··· Dataset

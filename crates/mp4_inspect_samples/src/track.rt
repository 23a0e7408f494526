//! The samples of a track.

ghost use Rattle.std.specs.Prelude.{◌≡◌, IfOk, IfSome};
ghost use Rattle.mp4_movie.specs.Movies.{samples_of};
ghost use Rattle.mp4_inspect_samples.specs.Row.{labels_of};
ghost use Rattle.mp4_inspect_samples.specs.Tracks.{WritesNext, WritesTraf, WritesTrack, WritesTrackFragment};
ghost use Rattle.mp4_inspect_samples.specs.Tracks.{WritesTrafs, fault_at_end, reached_after, with_more};

use crate::fault::Fault;
use crate::fragments::TrackTraf;
use crate::heading::Heading;
use crate::limit::{Limit, Unlisted, samples_in, unlisted_of};
use crate::reached::Reached;
use crate::row::RowRule;
use crate::rows::{FragmentEnd, RowWriter, write_fragment_rows};
use crate::tables::{tables_of, write_first};
use mp4_io::{Failure, Output};
use mp4_movie::TrackFragment;
use mp4_walk::{BoxWalk, Source, TreeBox};
use std::alloc::Global;
use std::io::Write;

/// Returns the progress of a track after `fragment`, whose rows end at `end`, or the fault of the sample after them.
/// `before` has the rows of the track before it.
fn reached_after(
    fragment: &TrackFragment,
    limit: Limit,
    before: Reached,
    end: FragmentEnd,
) -> Result<Reached, Fault>
    ensures { result ≡ reached_after fragment.now limit before end }
{
    let counted = before.count.saturating_add(samples_in(&fragment.runs));
    match end.fault {
        Some(fault) => Err(Fault::Fragment(fragment.moof, fault)),
        None => Ok(Reached {
            count: end.count,
            time: end.time,
            empty: end.empty,
            unlisted: unlisted_of(limit, end.count, counted, end.unlisted),
        }),
    }
}

/// Writes the samples of a fragment, up to the first that has a fault or isn't listed. `before` has the rows of the
/// track before it.
fn write_fragment<W: Write>(
    fragment: &TrackFragment,
    rule: &RowRule<'_>,
    limit: Limit,
    before: Reached,
    writer: &mut RowWriter,
    output: &mut Output<W>,
) -> Result<Result<Reached, Fault>, Failure>
    ensures writes { IfOk result
        (WritesTrackFragment fragment.now limit writer.old.form (labels_of rule.now) before writer.old.follows
        writer.new.follows
        (W.contents output.old.inner) (W.contents output.new.inner)) }
    ensures form { writer.new.form ≡ writer.old.form }
{
    let end = write_fragment_rows(
        &fragment.fragment(before.time),
        rule,
        limit,
        before.count,
        before.empty,
        writer,
        output,
    )?;
    Ok(reached_after(fragment, limit, before, end))
}

/// Returns `reached` with `count` more samples that are not listed, after `unlisted`.
fn with_more(reached: Reached, unlisted: Unlisted, count: u64) -> Reached
    ensures { result ≡ with_more reached unlisted count }
{
    Reached {
        unlisted: Some(unlisted.and_more(count)),
        ..reached
    }
}

/// Writes the samples of a `traf`, if it is a fragment, up to the first that has a fault or isn't listed. Counts them
/// only, if a sample before it isn't listed. `before` has the rows of the track before it.
fn write_next<W: Write>(
    traf: TrackTraf,
    rule: &RowRule<'_>,
    limit: Limit,
    before: Reached,
    writer: &mut RowWriter,
    output: &mut Output<W>,
) -> Result<Result<Reached, Fault>, Failure>
    ensures writes { IfOk result
        (WritesNext limit writer.old.form (labels_of rule.now) traf before.unlisted before writer.old.follows
        writer.new.follows
        (W.contents output.old.inner) (W.contents output.new.inner)) }
    ensures form { writer.new.form ≡ writer.old.form }
{
    let TrackTraf { samples, fragment } = traf;
    if let Some(unlisted) = before.unlisted {
        return Ok(Ok(with_more(before, unlisted, samples)));
    }
    match fragment {
        Ok(fragment) => write_fragment(&fragment, rule, limit, before, writer, output),
        Err(error) => Ok(Err(Fault::Box(error))),
    }
}

/// Writes the samples of a `traf`, unless its track has a fault before it.
fn write_traf<W: Write>(
    traf: TrackTraf,
    rule: &RowRule<'_>,
    limit: Limit,
    before: Result<Reached, Fault>,
    writer: &mut RowWriter,
    output: &mut Output<W>,
) -> Result<Result<Reached, Fault>, Failure>
    ensures writes { IfOk result
        (WritesTraf limit writer.old.form (labels_of rule.now) traf before writer.old.follows writer.new.follows
        (W.contents output.old.inner) (W.contents output.new.inner)) }
    ensures form { writer.new.form ≡ writer.old.form }
{
    match before {
        Ok(reached) => write_next(traf, rule, limit, reached, writer, output),
        Err(fault) => Ok(Err(fault)),
    }
}

/// Writes the samples of the `traf`s of a track, up to the first that has a fault or isn't listed. Counts those after
/// it. `first` has the rows of the track before them.
fn write_trafs<W: Write>(
    trafs: Vec<TrackTraf>,
    rule: &RowRule<'_>,
    limit: Limit,
    first: Result<Reached, Fault>,
    writer: &mut RowWriter,
    output: &mut Output<W>,
) -> Result<Result<Reached, Fault>, Failure>
    ensures writes { IfOk result
        (WritesTrafs limit writer.old.form (labels_of rule.now) trafs.items first writer.old.follows writer.new.follows
        (W.contents output.old.inner) (W.contents output.new.inner)) }
    ensures form { writer.new.form ≡ writer.old.form }
{
    let mut reached = first;
    for traf in trafs {
        let next = write_traf(traf, rule, limit, reached, writer, output)?;
        reached = next;
    }
    Ok(reached)
}

/// Returns the fault at the end of the rows of a track: a sample that isn't listed is one.
fn fault_at_end(end: Result<Reached, Fault>) -> Option<Fault>
    ensures { result ≡ fault_at_end end }
{
    match end {
        Ok(reached) => match reached.unlisted {
            Some(unlisted) => Some(Fault::Unlisted(unlisted)),
            None => None,
        },
        Err(fault) => Some(fault),
    }
}

/// Writes the samples of a track, up to the first that has a fault or isn't listed: those of its tables, and then those
/// of its fragments `trafs`. Returns the fault. `trak` begins with the boxes inside its `trak`.
pub fn write_track<S: Source, W: Write>(
    alloc: Global,
    walk: &mut BoxWalk<S>,
    trak: &[TreeBox],
    heading: Heading,
    rule: &RowRule<'_>,
    trafs: Vec<TrackTraf>,
    limit: Limit,
    writer: &mut RowWriter,
    output: &mut Output<W>,
) -> Result<Option<Fault>, Failure>
    ensures writes { IfSome walk.old.bytes
        (λ file. IfOk result (WritesTrack limit writer.old.form (labels_of rule.now) trafs.items (samples_of file
        trak.now)
        writer.old.follows writer.new.follows (W.contents output.old.inner) (W.contents output.new.inner))) }
    ensures form { writer.new.form ≡ writer.old.form }
    ensures kept { walk.new ≡ walk.old }
{
    let tables = tables_of(alloc, walk, trak)?;
    let first = write_first(tables, heading, rule, limit, writer, output)?;
    let last = write_trafs(trafs, rule, limit, first, writer, output)?;
    Ok(fault_at_end(last))
}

······

• [What you need to do]: Set down each entry again, unchanged.

• [Result]:
filename crates/mp4_inspect_samples/src/track.rt
repository 23a0e7408f494526
//! The samples of a track.

ghost use Rattle.std.specs.Prelude.{◌≡◌, IfOk, IfSome};
ghost use Rattle.mp4_movie.specs.Movies.{samples_of};
ghost use Rattle.mp4_inspect_samples.specs.Row.{labels_of};
ghost use Rattle.mp4_inspect_samples.specs.Tracks.{WritesNext, WritesTraf, WritesTrack, WritesTrackFragment};
ghost use Rattle.mp4_inspect_samples.specs.Tracks.{WritesTrafs, fault_at_end, reached_after, with_more};

use crate::fault::Fault;
use crate::fragments::TrackTraf;
use crate::heading::Heading;
use crate::limit::{Limit, Unlisted, samples_in, unlisted_of};
use crate::reached::Reached;
use crate::row::RowRule;
use crate::rows::{FragmentEnd, RowWriter, write_fragment_rows};
use crate::tables::{tables_of, write_first};
use mp4_io::{Failure, Output};
use mp4_movie::TrackFragment;
use mp4_walk::{BoxWalk, Source, TreeBox};
use std::alloc::Global;
use std::io::Write;

/// Returns the progress of a track after `fragment`, whose rows end at `end`, or the fault of the sample after them.
/// `before` has the rows of the track before it.
fn reached_after(
    fragment: &TrackFragment,
    limit: Limit,
    before: Reached,
    end: FragmentEnd,
) -> Result<Reached, Fault>
    ensures { result ≡ reached_after fragment.now limit before end }
{
    let counted = before.count.saturating_add(samples_in(&fragment.runs));
    match end.fault {
        Some(fault) => Err(Fault::Fragment(fragment.moof, fault)),
        None => Ok(Reached {
            count: end.count,
            time: end.time,
            empty: end.empty,
            unlisted: unlisted_of(limit, end.count, counted, end.unlisted),
        }),
    }
}

/// Writes the samples of a fragment, up to the first that has a fault or isn't listed. `before` has the rows of the
/// track before it.
fn write_fragment<W: Write>(
    fragment: &TrackFragment,
    rule: &RowRule<'_>,
    limit: Limit,
    before: Reached,
    writer: &mut RowWriter,
    output: &mut Output<W>,
) -> Result<Result<Reached, Fault>, Failure>
    ensures writes { IfOk result
        (WritesTrackFragment fragment.now limit writer.old.form (labels_of rule.now) before writer.old.follows
        writer.new.follows
        (W.contents output.old.inner) (W.contents output.new.inner)) }
    ensures form { writer.new.form ≡ writer.old.form }
{
    let end = write_fragment_rows(
        &fragment.fragment(before.time),
        rule,
        limit,
        before.count,
        before.empty,
        writer,
        output,
    )?;
    Ok(reached_after(fragment, limit, before, end))
}

/// Returns `reached` with `count` more samples that are not listed, after `unlisted`.
fn with_more(reached: Reached, unlisted: Unlisted, count: u64) -> Reached
    ensures { result ≡ with_more reached unlisted count }
{
    Reached {
        unlisted: Some(unlisted.and_more(count)),
        ..reached
    }
}

/// Writes the samples of a `traf`, if it is a fragment, up to the first that has a fault or isn't listed. Counts them
/// only, if a sample before it isn't listed. `before` has the rows of the track before it.
fn write_next<W: Write>(
    traf: TrackTraf,
    rule: &RowRule<'_>,
    limit: Limit,
    before: Reached,
    writer: &mut RowWriter,
    output: &mut Output<W>,
) -> Result<Result<Reached, Fault>, Failure>
    ensures writes { IfOk result
        (WritesNext limit writer.old.form (labels_of rule.now) traf before.unlisted before writer.old.follows
        writer.new.follows
        (W.contents output.old.inner) (W.contents output.new.inner)) }
    ensures form { writer.new.form ≡ writer.old.form }
{
    let TrackTraf { samples, fragment } = traf;
    if let Some(unlisted) = before.unlisted {
        return Ok(Ok(with_more(before, unlisted, samples)));
    }
    match fragment {
        Ok(fragment) => write_fragment(&fragment, rule, limit, before, writer, output),
        Err(error) => Ok(Err(Fault::Box(error))),
    }
}

/// Writes the samples of a `traf`, unless its track has a fault before it.
fn write_traf<W: Write>(
    traf: TrackTraf,
    rule: &RowRule<'_>,
    limit: Limit,
    before: Result<Reached, Fault>,
    writer: &mut RowWriter,
    output: &mut Output<W>,
) -> Result<Result<Reached, Fault>, Failure>
    ensures writes { IfOk result
        (WritesTraf limit writer.old.form (labels_of rule.now) traf before writer.old.follows writer.new.follows
        (W.contents output.old.inner) (W.contents output.new.inner)) }
    ensures form { writer.new.form ≡ writer.old.form }
{
    match before {
        Ok(reached) => write_next(traf, rule, limit, reached, writer, output),
        Err(fault) => Ok(Err(fault)),
    }
}

/// Writes the samples of the `traf`s of a track, up to the first that has a fault or isn't listed. Counts those after
/// it. `first` has the rows of the track before them.
fn write_trafs<W: Write>(
    trafs: Vec<TrackTraf>,
    rule: &RowRule<'_>,
    limit: Limit,
    first: Result<Reached, Fault>,
    writer: &mut RowWriter,
    output: &mut Output<W>,
) -> Result<Result<Reached, Fault>, Failure>
    ensures writes { IfOk result
        (WritesTrafs limit writer.old.form (labels_of rule.now) trafs.items first writer.old.follows writer.new.follows
        (W.contents output.old.inner) (W.contents output.new.inner)) }
    ensures form { writer.new.form ≡ writer.old.form }
{
    let mut reached = first;
    for traf in trafs {
        let next = write_traf(traf, rule, limit, reached, writer, output)?;
        reached = next;
    }
    Ok(reached)
}

/// Returns the fault at the end of the rows of a track: a sample that isn't listed is one.
fn fault_at_end(end: Result<Reached, Fault>) -> Option<Fault>
    ensures { result ≡ fault_at_end end }
{
    match end {
        Ok(reached) => match reached.unlisted {
            Some(unlisted) => Some(Fault::Unlisted(unlisted)),
            None => None,
        },
        Err(fault) => Some(fault),
    }
}

/// Writes the samples of a track, up to the first that has a fault or isn't listed: those of its tables, and then those
/// of its fragments `trafs`. Returns the fault. `trak` begins with the boxes inside its `trak`.
pub fn write_track<S: Source, W: Write>(
    alloc: Global,
    walk: &mut BoxWalk<S>,
    trak: &[TreeBox],
    heading: Heading,
    rule: &RowRule<'_>,
    trafs: Vec<TrackTraf>,
    limit: Limit,
    writer: &mut RowWriter,
    output: &mut Output<W>,
) -> Result<Option<Fault>, Failure>
    ensures writes { IfSome walk.old.bytes
        (λ file. IfOk result (WritesTrack limit writer.old.form (labels_of rule.now) trafs.items (samples_of file
        trak.now)
        writer.old.follows writer.new.follows (W.contents output.old.inner) (W.contents output.new.inner))) }
    ensures form { writer.new.form ≡ writer.old.form }
    ensures kept { walk.new ≡ walk.old }
{
    let tables = tables_of(alloc, walk, trak)?;
    let first = write_first(tables, heading, rule, limit, writer, output)?;
    let last = write_trafs(trafs, rule, limit, first, writer, output)?;
    Ok(fault_at_end(last))
}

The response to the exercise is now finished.